LACOSTE André, Abel, Joseph.

Par André Balent

Né le 11 décembre 1905 à Espira-de-l’Agly (Pyrénées-Orientales), mort le 22 septembre 1987 à Rivesaltes (Pyrénées-Orientales) ; ouvrier maçon à Rivesaltes ; militant de la CGTU, puis de la CGT ; militant du PC ; résistant des Pyrénées-Orientales puis de l’Ariège ; dirigeant clandestin du PC et du FN de l’Ariège ; organisateur des maquis du Pays de Foix et du Pays d’Olmes ; dirigeant syndical avant et après la Seconde Guerre mondiale dans les Pyrénées-Orientales ; administrateur de caisses de sécurité sociale des Pyrénées-Orientales ; conseiller municipal de Rivesaltes.

André Lacoste était le fils de Jean, propriétaire agricole âgé de 47 ans en 1905 et d’Émilie Telasco, sans profession, âgée de 39 ans à cette même date. Veuve, sa mère dut travailler comme ouvrière agricole afin de subvenir aux besoins de ses trois enfants. .Son village d’origine, Espira-de-l’Agly est seulement distant de 4 km de Rivesaltes où il s’installa et où il milita, à l’exception des mois, intenses, de clandestinité.

Il travailla à partir de l’âge de treize ans comme ouvrier agricole pendant une année.
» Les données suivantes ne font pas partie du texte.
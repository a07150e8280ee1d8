//! What each command answers to its input, a file a command.

ghost use Rattle.std.specs.Prelude.{◌≡◌, ◌≤◌, IsSome, Err};
ghost use Rattle.smarts_io.specs.Causes.{Rose};
ghost use Rattle.smarts_text.specs.Command.{IsSound};
ghost use Rattle.turbosmarts.specs.Answer.{command_result, input_limit};
ghost use Rattle.turbosmarts.specs.Served.{IsServed};

mod demo;
mod estimate;
mod migrate;
mod run;
mod sample;
mod warm;

use crate::stages::LIBRARY_LIMIT;
use crate::stop::Stop;
use crate::written::Written;
use smarts_base::Gate;
use smarts_io::{ReadError, Source, read_all};
use smarts_text::Command;
use std::alloc::Global;
use std::thread::Threads;

/// The largest image, in bytes.
const IMAGE_LIMIT: usize = 67_108_864;

/// Reads what the command takes of its input, and answers what it writes.
pub fn answer<R: Threads + Sync, S: Source, G: Gate + Sync>(
    rt: &R,
    alloc: Global,
    command: &Command,
    source: &mut S,
    gate: &G,
) -> Result<Written, Stop>
    requires { IsSound command.now }
    ensures served { IsServed result (input_limit command.now) (command_result command.now) (S.rest source.old) (S.rest source.new) }
    ensures asked { result ≡ Err (Stop.Read ReadError.Failed) → IsSome (input_limit command.now) }
    ensures failed { result ≡ Err (Stop.Read ReadError.Failed) → Rose (S.faults source.old) (S.faults source.new) }
    ensures unread { (IsSome (input_limit command.now) → ⊥) → S.rest source.new ≡ S.rest source.old }
    ensures unread_count { (IsSome (input_limit command.now) → ⊥) → S.faults source.new ≡ S.faults source.old }
{
    match command {
        Command::Sample {
            design,
            config,
            test,
        } => {
            let image = read_all(alloc, source, IMAGE_LIMIT)?;
            Ok(sample::answer(alloc, design, config, test, &image)?)
        }
        Command::Demo {
            size,
            design,
            config,
            test,
        } => Ok(demo::answer(alloc, *size, design, config, test)?),
        Command::Warm { design, records } => {
            let image = read_all(alloc, source, IMAGE_LIMIT)?;
            Ok(warm::answer(alloc, design, records, &image)?)
        }
        Command::Migrate => {
            let library = read_all(alloc, source, LIBRARY_LIMIT)?;
            Ok(migrate::answer(alloc, &library)?)
        }
        Command::Estimate {
            asked,
            test,
            workers,
        } => estimate::answer(rt, alloc, asked, test, *workers, source, gate),
        Command::Run { budget } => {
            let image = read_all(alloc, source, IMAGE_LIMIT)?;
            Ok(run::answer(alloc, *budget, &image)?)
        }
    }
}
Puis il fut embauché comme manœuvre dans une entreprise du Bâtiment. En 1926, il quitta Espira pour effectuer son service militaire au 37e régiment d’infanterie coloniale. Gravement blessé pendant des manœuvres, il fut réformé et à son retour, il reprit avec difficulté son métier de maçon.

André Lacoste exerça la profession d’ouvrier maçon à Rivesaltes où il se maria le 14 janvier 1928 à Rivesaltes avec Yvonne Grau dont il eut trois enfants. André Lacoste se manifesta en premier lieu avant tout comme syndicaliste, d’abord à la CGTU dès 1928 (pendant la grande grève des ouvriers agricoles de Rivesaltes, imposant mouvement qui décida de son engagement) puis à la CGT réunifiée en 1935. La militance syndicale le conduisit à adhérer ensuite au PC en 1930.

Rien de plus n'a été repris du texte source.